How to to trim variable length ITS seqs

Hello - I’m new here. I recently took the workshop and I love everything about mothur so far. I’m currently working with fungal ITS sequences representing a diverse soil microbial community, and I’m having trouble with a seemingly simple task: trimming 25bp off the 5’ and 3’ ends.

For any non-mushroom people reading this, fungal ITS regions vary widely in length. For my ITS2 sequences, they range from 269 to 475 bp. Also, ITS is so hyper-variable, it cannot be aligned.

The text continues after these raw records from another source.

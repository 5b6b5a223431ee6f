// Crashes at each store call of a script, and at each call of the opening after it: the tree that is opened shows a beginning
// of the writes, with all that a flush covered.
use crate::rows::shows;
use crate::scripts::open;
use crate::steps::Step::{Compact, Del, Flush, Set};
use crate::steps::{Step, Told, take};
use crate::works::Work;
use lsm_state::{Config, Error, Fault, MemStore, Pick, Store, TreeState};
use std::alloc::Global;
use std::process::Abort;

/// Steps, and what a and b have after each number of writes: none where it is empty.
type Script = (&'static [Step], &'static [(&'static str, &'static str)]);

const AROUND_A_FLUSH: Script = (
    &[Set("a", "x"), Flush(0), Set("b", "y"), Flush(0)],
    &[("", ""), ("x", ""), ("x", "y")],
);

/// The last merge evicts the tombstone.
const EVICTING: Script = (
    &[
        Set("a", "x"),
        Flush(0),
        Compact(Work::Major(0)),
        Del("a"),
        Flush(0),
        Compact(Work::Major(5)),
    ],
    &[("", ""), ("x", ""), ("", "")],
);

/// More calls than a script or an opening makes.
const CALLS: u64 = 48;

const NAMES: [&str; 10] = [
    "current", "v0", "v1", "v2", "v3", "v4", "tables/0", "tables/1", "tables/2", "tables/3",
];

/// Takes all steps, whatever each answers, and returns how many writes an installed flush covers.
fn take_all(alloc: Global, tree: &mut TreeState, steps: &[Step]) -> usize {
    let mut writes: usize = 0;
    let mut covered: usize = 0;
    for step in steps {
        match (take(alloc, tree, step), step) {
            (Told::Number(_), _) => writes = writes.saturating_add(1),
            (Told::Done, Step::Flush(_)) => covered = writes,
            _ => {}
        }
    }
    covered
}

/// The store that an opening and these steps leave where this call of it has this fault, and how many writes are covered.
fn faulted(
    alloc: Global,
    mut store: MemStore,
    next: u64,
    (call, fault): (u64, Fault),
    steps: &[Step],
) -> (MemStore, usize) {
    store.fail(call, fault);
    match TreeState::open(alloc, Config::new(0, next, next), store) {
        Ok(mut tree) => {
            let covered = take_all(alloc, &mut tree, steps);
            (tree.into_store(), covered)
        }
        Err((_, store)) => (store, 0),
    }
}

/// The same where it fails from this call on.
fn stopped(
    alloc: Global,
    store: MemStore,
    next: u64,
    call: u64,
    steps: &[Step],
) -> (MemStore, usize) {
    faulted(alloc, store, next, (call, Fault::FromHere), steps)
}

// ---- crashes

/// In how many ways a crash is picked: nothing is, or one name that isn't synced is left as the byte 0, or one that was
/// removed or replaced as it was before.
const WAYS: usize = 21;

/// Whether two stores have the same under a name.
fn have_same(alloc: Global, one: &mut MemStore, other: &mut MemStore, name: &str) -> bool {
    match (one.read(alloc, name), other.read(alloc, name)) {
        (Ok(one), Ok(other)) => one == other,
        _ => false,
    }
}

/// What a crash leaves of a store with a pick; None where it isn't possible, or is what is left without a pick.
fn picked(
    alloc: Global,
    store: &MemStore,
    name: &str,
    pick: Pick<'_>,
) -> Result<Option<MemStore>, Error> {
    let (Some(mut left), Some(mut usual)) = (store.crash(&[(name, pick)])?, store.crash(&[])?)
    else {
        return Ok(None);
    };
    let is_usual = have_same(alloc, &mut left, &mut usual, name);
    Ok(if is_usual { None } else { Some(left) })
}

/// What a crash leaves of a store in one of these ways, if anything else than in the other ones.
fn crashed(alloc: Global, store: &MemStore, way: usize) -> Result<Option<MemStore>, Error> {
    match NAMES.get(way / 2) {
        Some(name) if way % 2 == 0 => picked(alloc, store, *name, Pick::Bytes(b"\0")),
        Some(name) => picked(alloc, store, *name, Pick::Before),
        None => Ok(store.crash(&[])?),
    }
}

// ---- openings

/// Whether this store opens, and the tree shows one of these beginnings.
fn opens(alloc: Global, store: MemStore, beginnings: &[(&str, &str)]) -> Result<bool, Error> {
    let tree = open(alloc, 10, store)?;
    let mut right = false;
    for (a, b) in beginnings {
        right = right || (shows(&tree, "a", 10, a) && shows(&tree, "b", 10, b));
    }
    drop(tree);
    Ok(right)
}

/// Whether it does so however it is crashed.
fn reopens(alloc: Global, store: &MemStore, beginnings: &[(&str, &str)]) -> Result<bool, Error> {
    for way in 0..WAYS {
        if let Some(left) = crashed(alloc, store, way)? {
            if !opens(alloc, left, beginnings)? {
                return Ok(false);
            }
        }
    }
    Ok(true)
}

/// The store after an opening that stops at this call, if it makes so many. A crash leaves of the store that is opened just that.
fn stopped_opening(alloc: Global, left: &MemStore, call: u64) -> Result<MemStore, Error> {
    match left.crash(&[])? {
        Some(store) => Ok(stopped(alloc, store, 10, call, &[]).0),
        None => Err(Error::Unrecoverable),
    }
}

/// Whether it is so of what a crash left, at each stop of its opening and after the whole of it.
fn survives(alloc: Global, left: &MemStore, beginnings: &[(&str, &str)]) -> Result<bool, Error> {
    for call in 1..CALLS {
        let store = stopped_opening(alloc, left, call)?;
        if !reopens(alloc, &store, beginnings)? {
            return Ok(false);
        }
        if store.failures() == 0 {
            return Ok(true);
        }
    }
    Ok(false)
}

/// Whether it is so however a store is crashed.
fn survives_all(
    alloc: Global,
    store: &MemStore,
    beginnings: &[(&str, &str)],
) -> Result<bool, Error> {
    for way in 0..WAYS {
        if let Some(left) = crashed(alloc, store, way)? {
            if !survives(alloc, &left, beginnings)? {
                return Ok(false);
            }
        }
    }
    Ok(true)
}

/// Whether the tree shows a beginning, with all that is covered, where a store fails from this call on.
fn withstands(alloc: Global, script: &Script, call: u64) -> Result<bool, Error> {
    let (store, covered) = stopped(alloc, MemStore::new(alloc), 0, call, script.0);
    match script.1.get(covered..) {
        Some(beginnings) => survives_all(alloc, &store, beginnings),
        None => Ok(false),
    }
}

/// Both writes are covered where the store never fails, and it may fail from each call on.
fn stays_safe(rt: &impl Abort, alloc: Global, script: &Script) {
    let (store, covered) = stopped(alloc, MemStore::new(alloc), 0, CALLS, script.0);
    drop(store);
    assert!(rt; covered == 2);
    for call in 1..CALLS {
        assert!(rt;
            matches!(withstands(alloc, script, call), Ok(true)),
            "from call {call} on"
        );
    }
}

// ---- openings without a crash before them

/// Whether the tree shows a beginning, with all that is covered, where one call of a script fails so, the store is opened again as
/// it is, and it fails from this call on; and whether the opening makes fewer calls.
fn reopens_at(
    alloc: Global,
    script: &Script,
    failing: (u64, Fault),
    call: u64,
) -> Result<(bool, bool), Error> {
    let (store, covered) = faulted(alloc, MemStore::new(alloc), 0, failing, script.0);
    let failures = store.failures();
    let (store, _) = stopped(alloc, store, 10, call, &[]);
    let is_whole = store.failures() == failures;
    let right = match script.1.get(covered..) {
        Some(beginnings) => reopens(alloc, &store, beginnings),
        None => Ok(false),
    };
    drop(store);
    Ok((right?, is_whole))
}

/// Whether it is so at each stop of that opening, and after the whole of it.
fn reopens_each(alloc: Global, script: &Script, failing: (u64, Fault)) -> Result<bool, Error> {
    for call in 1..CALLS {
        let (right, is_whole) = reopens_at(alloc, script, failing, call)?;
        if !right || is_whole {
            return Ok(right);
        }
    }
    Ok(false)
}

/// A commit whose outcome isn't known reads as the old version or as the new one; an opening of the same store removes what the
/// other one names, and a crash after it doesn't bring that one back.
#[test]
fn an_opening_settles_what_it_read(rt: HostRuntime) {
    for call in 1..32 {
        for fault in [Fault::Once, Fault::OnceDone] {
            assert!(rt;
                matches!(
                    reopens_each(rt.alloc(), &AROUND_A_FLUSH, (call, fault)),
                    Ok(true)
                ),
                "{fault:?} of call {call}"
            );
        }
    }
}

#[test]
fn a_crash_around_a_flush_leaves_a_beginning(rt: HostRuntime) {
    stays_safe(&rt, rt.alloc(), &AROUND_A_FLUSH);
}

#[test]
fn a_crash_around_an_evicting_merge_leaves_a_beginning(rt: HostRuntime) {
    stays_safe(&rt, rt.alloc(), &EVICTING);
}
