// The numbers and the names of errors.
use lsm_state::Error;

#[test]
fn numbers_and_names(rt: HostRuntime) {
    let errors = [
        (Error::OutOfMemory, 1, "OutOfMemory"),
        (Error::Store, 2, "Store"),
        (Error::CommitUnknown, 3, "CommitUnknown"),
        (Error::Unrecoverable, 4, "Unrecoverable"),
        (Error::InvalidVersion(1), 5, "InvalidVersion"),
        (Error::InvalidTag("tables", 7), 6, "InvalidTag"),
        (Error::InvalidHeader("current"), 7, "InvalidHeader"),
        (Error::SnapshotTooOld, 8, "SnapshotTooOld"),
        (Error::OutOfNumbers, 9, "OutOfNumbers"),
        (Error::KeyTooLong, 10, "KeyTooLong"),
        (Error::ValueTooLong, 11, "ValueTooLong"),
        (Error::NumberTooGreat, 12, "NumberTooGreat"),
        (Error::FlushOpen, 13, "FlushOpen"),
        (Error::TooManyRuns, 14, "TooManyRuns"),
        (Error::NotDisjoint, 15, "NotDisjoint"),
        (Error::Busy, 16, "Busy"),
        (Error::AfterCommit, 17, "AfterCommit"),
        (Error::OutOfOrder, 18, "OutOfOrder"),
        (Error::DuplicateKey, 19, "DuplicateKey"),
        (Error::ChecksumMismatch, 20, "ChecksumMismatch"),
        (Error::Strategy, 21, "Strategy"),
    ];
    for (error, number, name) in errors {
        assert_eq!(rt; error.number(), number);
        assert_eq!(rt; error.name(), name);
    }
}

I know that I can at least remove the primers by listing them in trim.seqs, but I also want to remove an additional portion off the ends. This part of the sequence likely varies between different species, so I can’t include them in trim.seqs as if they were an extension of the primers. Another (minor) limitation with trim.seqs is that it removes otherwise good quality sequences even if there is an insertion/deletion in the primer sequence. (If I have that correct?)

I would use chop.seqs, but as mentioned above, we can’t specify the length that we want to keep for the numbases parameter. And we can’t align the sequences using align.seqs to force them to be the same length. We only know that we want to remove X bp from each end.

Am I missing something? Is there a hacky work-around?

Mothur doesn’t have a direct way to do this, but you can use this hack.

fakeout.oligos:

barcode NNNNNNNNNNNNNNNNNNNNNNNN NNNNNNNNNNNNNNNNNNNNNNNN trimGroup

If the bdiffs parameter is set, mothur will consider an N in the barcode a match to the sequence as long as the sequence doesn’t contain an N in that location.

Try this:

mothur > trim.seqs(fasta=yourFastaFile, oligos=fakeout.oligos, bdiffs=1)

2 Likes

Wow thanks! I will give that a try and report back. :raised_hands:

This topic was automatically closed 10 days after the last reply. New replies are no longer allowed.